I can understand that, but visually speaking, the districts, even when standalone, looks un-urbanized. For example, CH doesn't have a full asphalt ground, half of it is grass. The same goes for TS.
 
I think the cities of civ vi are better seen as regions, with the city center as a sort of initial settlement and provincial capital, while districts and speciality improvements act as more specialized settlements in the region, (in the real world cities of their own).

I can understand that, but visually speaking, the districts, even when standalone, looks un-urbanized. For example, CH doesn't have a full asphalt ground, half of it is grass. The same goes for TS.

Yeah, I've kind of thought like this, where the "campus" for London is more like IRL Oxford or Cambridge, or the encampment for a city is like your West Point military academy. But visually it doesn't always line up like that, and a strong part of me wishes the game would actually enforce that more. So, for example, how would the game change if you were required to build all districts adjacent to the city centre (or adjacent to something connected to there), at least up until something like Urbanization, where you allowed them to spread out. Suddenly you can't build a city, buy a couple tiles, and somehow build a campus on the other side of a mountain range.
 
I really want a unique ability which allows conquered unique improvements to survive and be worked, possibly with an added culture point or two. Not to build more of them, or anything. I think it would be powerful, but not necessarily overly so.
That would be an interesting ability for Vietnam. :mischief:

Yeah, I've kind of thought like this, where the "campus" for London is more like IRL Oxford or Cambridge, or the encampment for a city is like your West Point military academy. But visually it doesn't always line up like that, and a strong part of me wishes the game would actually enforce that more. So, for example, how would the game change if you were required to build all districts adjacent to the city centre (or adjacent to something connected to there), at least up until something like Urbanization, where you allowed them to spread out. Suddenly you can't build a city, buy a couple tiles, and somehow build a campus on the other side of a mountain range.
What I hope they change is the way districts are laid out in future games.
I would have a separate city screen where the city center would have two to three rings of hexes around it to where districts, buildings and wonders can be built so cities don't look so disjointed.
All the other tiles around the city would be for improvements like normal.

Any way to comment on the OP most of my favorite civs have unique improvements, Dutch, Australia and Persia just to name a few.

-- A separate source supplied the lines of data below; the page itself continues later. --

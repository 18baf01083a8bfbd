// The floats of a stream that wait at a place: cited by a line that is placed, and not placed themselves.
ghost use Rattle.std.specs.Prelude.{◌≡◌, ◌≤◌};
ghost use Rattle.galley.specs.Model.{floats_of};
ghost use Rattle.rules.specs.Waiting.{waits, waiting_of, Walked, Walking, WalkingOn, waiting_at};

use blocks::Counts;
use galley::{Galley, Stream};
use model::page::Page;

// How many floats wait with i lines and j floats placed: from float j + 1 on, up to the first that a line after i cites. The first
// `known` of them were found for an earlier line, and the walk goes on after them.
pub fn waiting_floats(s: &[u8], floats: Stream, i: usize, j: usize, known: usize) -> usize
    requires { Walked s.now floats i j known }
    ensures { result ≡ waits (floats_of s.now floats) i j }
{
    let left = floats.count - j;
    for found in known..left {
        if i < blocks::field(s, floats, j + found + 1, galley::CITE) as usize {
            return found;
        }
    }
    left
}

// The floats of each stream that wait.
#[derive(Clone, Copy, PartialEq, Eq, Default, Debug)]
pub struct Waiting {
    pub figures: usize,
    pub tables: usize,
}

// How many of each stream wait at a place, each walk going on from what is known.
pub fn waiting_after(s: &[u8], g: Galley, at: Counts, known: Waiting) -> Waiting
    requires { Walking s.now g at known }
    ensures { result ≡ waiting_of s.now g at }
{
    Waiting {
        figures: waiting_floats(s, g.figures, at.lines, at.figures, known.figures),
        tables: waiting_floats(s, g.tables, at.lines, at.tables, known.tables),
    }
}

// The same after a page from u to v, where so many wait at u: those of them that the page does not place need no walk.
pub fn waiting_on(s: &[u8], g: Galley, u: Counts, v: Counts, known: Waiting) -> Waiting
    requires { WalkingOn s.now g u v known }
    ensures { result ≡ waiting_of s.now g v }
{
    let still = Waiting {
        figures: known.figures.saturating_sub(v.figures - u.figures),
        tables: known.tables.saturating_sub(v.tables - u.tables),
    };
    waiting_after(s, g, v, still)
}

// What a page adds to X with so many floats waiting at its end: all of them where it ends its leaf, else 0.
pub fn waiting_at(g: Galley, page: Page, waiting: usize) -> u32
    requires { (1 ≤ g.folio) × (waiting ≤ 250) }
    ensures { result ≡ waiting_at g page.0 waiting }
{
    if model::page::ends_spread(g.spec.sides, g.folio, page) {
        waiting as u32
    } else {
        0
    }
}
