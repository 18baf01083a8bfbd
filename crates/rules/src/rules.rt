// What rules 14, 16 and 17 hold a page to, as marking and making ask it.
ghost use Rattle.std.specs.Prelude.{◌≡◌, List, ℕ, ◌≤◌};
ghost use Rattle.model.specs.Rules.{may_end, floor};
ghost use Rattle.galley.specs.Model.{stream_of, legal_of, floats_of, model_of};
ghost use Rattle.galley.specs.Sound.{SoundStream, Sound};
ghost use Rattle.blocks.specs.Counts.{Within};
ghost use Rattle.rules.specs.Parts.{cite_of, cited_from};

use blocks::Counts;
use galley::{Galley, Stream};

// 14, for one stream: a page may end before its first block, after its last, or in a space that allows it.
pub fn may_end(s: &[u8], stream: Stream, k: usize) -> bool
    requires { SoundStream s.now stream }
    ensures { (cite : ℕ → ℕ) → result ≡ may_end (stream_of s.now stream (legal_of s.now stream) cite) k }
{
    if (0 < k) & (k < stream.count) {
        return blocks::is_legal(s, stream, k);
    }
    true
}

// The line that cites float j of a stream; where there is no float 0, the line before the first, which every line has reached.
fn cite_of(s: &[u8], floats: Stream, j: usize) -> usize
    requires { (SoundStream s.now floats) × (j ≤ floats.count) }
    ensures { result ≡ cite_of (floats_of s.now floats) j }
{
    if 0 < j {
        return blocks::field(s, floats, j, galley::CITE) as usize;
    }
    0
}

// The line from which on 17 lets a page end with these floats, whatever lines it has: the last float placed of each stream is cited.
pub fn cited_from(s: &[u8], g: Galley, v: Counts) -> usize
    requires { (Sound s.now g) × (Within g v) }
    ensures { result ≡ cited_from s.now g v }
{
    let figure = cite_of(s, g.figures, v.figures);
    let table = cite_of(s, g.tables, v.tables);
    figure.max(table)
}

// What rule 16 holds the loosest height of a page to: htMin, and of the last page lastMin.
pub fn floor_of(g: Galley, last: bool) -> u32
    ensures { (bytes : List ℕ) → result ≡ floor (model_of bytes g) last }
{
    if last { g.spec.lastmin } else { g.spec.htmin }
}
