// What marking and making share: the rules for one page, the figures and tables that wait, and the white space of a page.
// Document 01, "Marking".
#![tactic(auto)]

pub mod counts; // counts.rt: what is added up page by page
pub mod rules; // rules.rt: rules 14, 16 and 17
pub mod waiting; // waiting.rt: the floats that wait at a place
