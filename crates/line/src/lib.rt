#![tactic(auto)]

// A line of the placard: rear load, water, smallest and largest front load, in 36 bytes. The eight bytes of a field are made as
// one number, a word, and LLVM makes one store of them.
ghost use Rattle.std.specs.Prelude.{◌≡◌, ◌∷◌, ◌++◌, ℕ, ◌+◌, ◌^◌, ◌≤◌, ◌<◌, length};
ghost use Rattle.laws.specs.Written.{written};
ghost use Rattle.paper.specs.Placard.{space, kilograms, ends, line, Fits, RowFits};
ghost use Rattle.line.specs.Word.{packed, word, bytes, Packed, quotients, apart};

use paper::Row;

// `--------` as a word, and `0000.000`: the first byte is the lowest.
const HYPHENS: u64 = 0x2D2D_2D2D_2D2D_2D2D;

const NOUGHT: u64 = 0x3030_302E_3030_3030;

// Two numbers below 10000, each in a half of u, by 100. Times 5243 / 2^19 is near enough, and divides both at once; the mask keeps
// each quotient.
fn by_hundred(u: u64) -> u64
    requires { u < 2 ^ 51 }
    ensures { (l : Packed (2 ^ 32) 2 10000 u) → result ≡ packed (2 ^ 32) (quotients 100 l.parts) }
{
    let t = u * 5243 / 524_288;
    t & 0x7F_0000_007F
}

// Hundreds and what is left of each of the two, each in a quarter.
fn quarters(u: u64) -> u64
    requires { Packed (2 ^ 32) 2 10000 u }
    ensures { (l : Packed (2 ^ 32) 2 10000 u) → result ≡ packed (2 ^ 16) (apart 100 l.parts) }
{
    let h = by_hundred(u);
    h + (u - 100 * h) * 65_536
}

// Four numbers below 100, each in a quarter of z, by 10. Times 103 / 2^10 is near enough; the mask keeps each quotient.
fn by_ten(z: u64) -> u64
    requires { z < 2 ^ 57 }
    ensures { (l : Packed (2 ^ 16) 4 100 z) → result ≡ packed (2 ^ 16) (quotients 10 l.parts) }
{
    let t = z * 103 / 1024;
    t & 0xF_000F_000F_000F
}

// Tens and ones of each of the four, each in a byte; the noughts of a field can be added.
fn eighths(z: u64) -> u64
    requires { Packed (2 ^ 16) 4 100 z }
    ensures { (result < 2 ^ 63) × ((l : Packed (2 ^ 16) 4 100 z) → result ≡ packed (2 ^ 8) (apart 10 l.parts)) }
{
    let d = by_ten(z);
    d + (z - 10 * d) * 256
}

// A load's field as a word: four digits of kilograms, a point, three of grams.
pub fn field(n: u64) -> u64
    requires { Fits n }
    ensures { result ≡ word (kilograms n) }
{
    let m = n as u32;
    let z = quarters(u64::from(m / 1000) + u64::from(m % 1000) * 4_294_967_296);
    eighths(z) + NOUGHT
}

// Each function below puts at the front of the slice that it is lent, and the bytes behind stay.

// A word's bytes, the lowest first: eight assignments, of which either compiler makes one store. By `to_le_bytes` and
// `copy_from_slice` a word takes seven instructions more, and a row of the placard has four.
fn put_word(out: &mut [u8], x: u64)
    requires { 8 ≤ length out.old }
    ensures { out.new ≡ written out.old 0 (bytes x) }
{
    out[0] = (x % 256) as u8;
    out[1] = (x / 256 % 256) as u8;
    out[2] = (x / 65_536 % 256) as u8;
    out[3] = (x / 16_777_216 % 256) as u8;
    out[4] = (x / 4_294_967_296 % 256) as u8;
    out[5] = (x / 1_099_511_627_776 % 256) as u8;
    out[6] = (x / 281_474_976_710_656 % 256) as u8;
    out[7] = (x / 72_057_594_037_927_936 % 256) as u8;
}

// Two fields with a space between.
fn put_pair(out: &mut [u8], a: u64, b: u64)
    requires { 17 ≤ length out.old }
    ensures { out.new ≡ written out.old 0 (bytes a ++ space ∷ bytes b) }
{
    put_word(out, a);
    out[8] = b' ';
    put_word(&mut out[9..], b);
}

// Smallest and largest front load, or hyphens.
fn put_ends(out: &mut [u8], x: Row)
    requires { (17 ≤ length out.old) × RowFits x }
    ensures { out.new ≡ written out.old 0 (ends x) }
{
    let (lo, hi) = match x {
        Some((lo, hi)) => (field(lo), field(hi)),
        None => (HYPHENS, HYPHENS),
    };
    put_pair(out, lo, hi);
}

// The whole line, by the fields of rear load and water: 36 bytes.
pub fn put_line(out: &mut [u8], rear: u64, water: u64, x: Row)
    requires { (36 ≤ length out.old) × RowFits x }
    ensures { (r w : ℕ) → rear ≡ word (kilograms r) → water ≡ word (kilograms w) → out.new ≡ written out.old 0 (line r w x) }
{
    put_pair(out, rear, water);
    out[17] = b' ';
    put_ends(&mut out[18..], x);
    out[35] = b'\n';
}
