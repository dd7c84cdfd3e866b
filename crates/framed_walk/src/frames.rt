// The outcomes that frames hold.
ghost use Rattle.std.specs.Prelude.{◌≡◌, ◌≢◌, ◌≤◌, ◌∷◌, [], IfOk, IfErr, Err};
ghost use Rattle.implicit_tiling.specs.Code.{word_level, word_tile};
ghost use Rattle.scene_ports.specs.Counts.{Rose};
ghost use Rattle.tile_word.specs.Roots.{IsRootWord};
ghost use Rattle.subtree_outcome.specs.Outcomes.{IsOutcomeOf};
ghost use Rattle.subtree_outcome.specs.Fetched.{HasFetched};
ghost use Rattle.framed_walk.specs.Frames.{AreAtRest, IsHeld};
ghost use Rattle.framed_walk.specs.Reads.{IsInTurn};

use frame_pool::{Asked, Pool};
use scene_ports::FileSource;
use std::alloc::Global;
use subtree_outcome::{Outcome, WalkStop, read_subtree, root_tile};
use tile_coords::Word;
use tileset_json::Layout;

// The frame with the outcome of a key, which has one pin until the turn ends. The outcome is read where no frame
// holds it. An Err leaves no frame in use.
pub(crate) fn hold<S: FileSource>(
    alloc: Global,
    files: &mut S,
    layout: &Layout,
    pool: &mut Pool<Word, Outcome>,
    key: Word,
) -> Result<u32, WalkStop>
    requires key { IsRootWord layout.now (word_level key) key }
    requires rest { AreAtRest layout.now (S.told files.old) pool.old }
    ensures held { IfOk result (λ frame. IsHeld layout.now (S.told files.old) key frame pool.new) }
    ensures rest { IfErr result (λ stop. AreAtRest layout.now (S.told files.old) pool.new) }
    ensures failed { result ≡ Err WalkStop.ReadFault → Rose (S.faults files.old) (S.faults files.new) }
    ensures sure { result ≢ Err WalkStop.ReadFault → S.faults files.new ≡ S.faults files.old }
    ensures later { S.faults files.old ≤ S.faults files.new }
    ensures turn { IfOk result
        (λ frame. IsInTurn layout.now (S.told files.old) key frame pool.old pool.new
        (S.fetches files.old) (S.fetches files.new)) }
    ensures same { S.told files.new ≡ S.told files.old }
{
    match pool.ask(key) {
        Asked::Hit(frame) => Ok(frame),
        Asked::Granted(frame) => match read(alloc, files, layout, key) {
            Ok(outcome) => {
                pool.settle(frame, Some(outcome));
                Ok(frame)
            }
            Err(stop) => {
                pool.settle(frame, None);
                Err(stop)
            }
        },
        Asked::Loading => unreachable!(),
        Asked::Busy => unreachable!(),
    }
}

// The outcome of a key.
fn read<S: FileSource>(
    alloc: Global,
    files: &mut S,
    layout: &Layout,
    key: Word,
) -> Result<Outcome, WalkStop>
    requires { IsRootWord layout.now (word_level key) key }
    ensures outcome { IfOk result (IsOutcomeOf layout.now (S.told files.old) key) }
    ensures failed { result ≡ Err WalkStop.ReadFault → Rose (S.faults files.old) (S.faults files.new) }
    ensures sure { result ≢ Err WalkStop.ReadFault → S.faults files.new ≡ S.faults files.old }
    ensures later { S.faults files.old ≤ S.faults files.new }
    ensures fetched { IfOk result (λ found. HasFetched layout.now (S.told files.old)
        (word_tile layout.now.scheme key ∷ []) (S.fetches files.old) (S.fetches files.new)) }
    ensures same { S.told files.new ≡ S.told files.old }
{
    read_subtree(alloc, files, layout, root_tile(layout, key))
}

Visually they look appealing and have varied amounts of yields such as food, production and gold for the Polder, not to mention housing. :)

That being said there are certain civs with unique districts that are powerful but some aren't as varied as improvements.
 
I think the cities of civ vi are better seen as regions, with the city center as a sort of initial settlement and provincial capital, while districts and speciality improvements act as more specialized settlements in the region, (in the real world cities of their own).
That you can do but the districts still don't look like places where anyone live, they barely have any houses. If they are to represent towns then they need more than 3 inhabitants. And if you do put the district right next to the city center so that they are connected wall to wall then the district still looks completely separated not just due to completely different style (each having its own color scheme), but also this empty space that the game puts between the districts.
 
I see, I thought that all the Unique Buildings came with a reduction of cost... knowing that is not the case seems to be a little imbalanced...

Maybe it would be interesting to remove the "half cost of unique districts". I think they are already an "imperative" district to build, even without the cost reduction, as they grant the civ a unique bonus. It would be the same as the unique buildings and improvements, you build them because is synergic to your civ, so they are imperative... why not the same price for UD? If not, make all the unique buildings half price!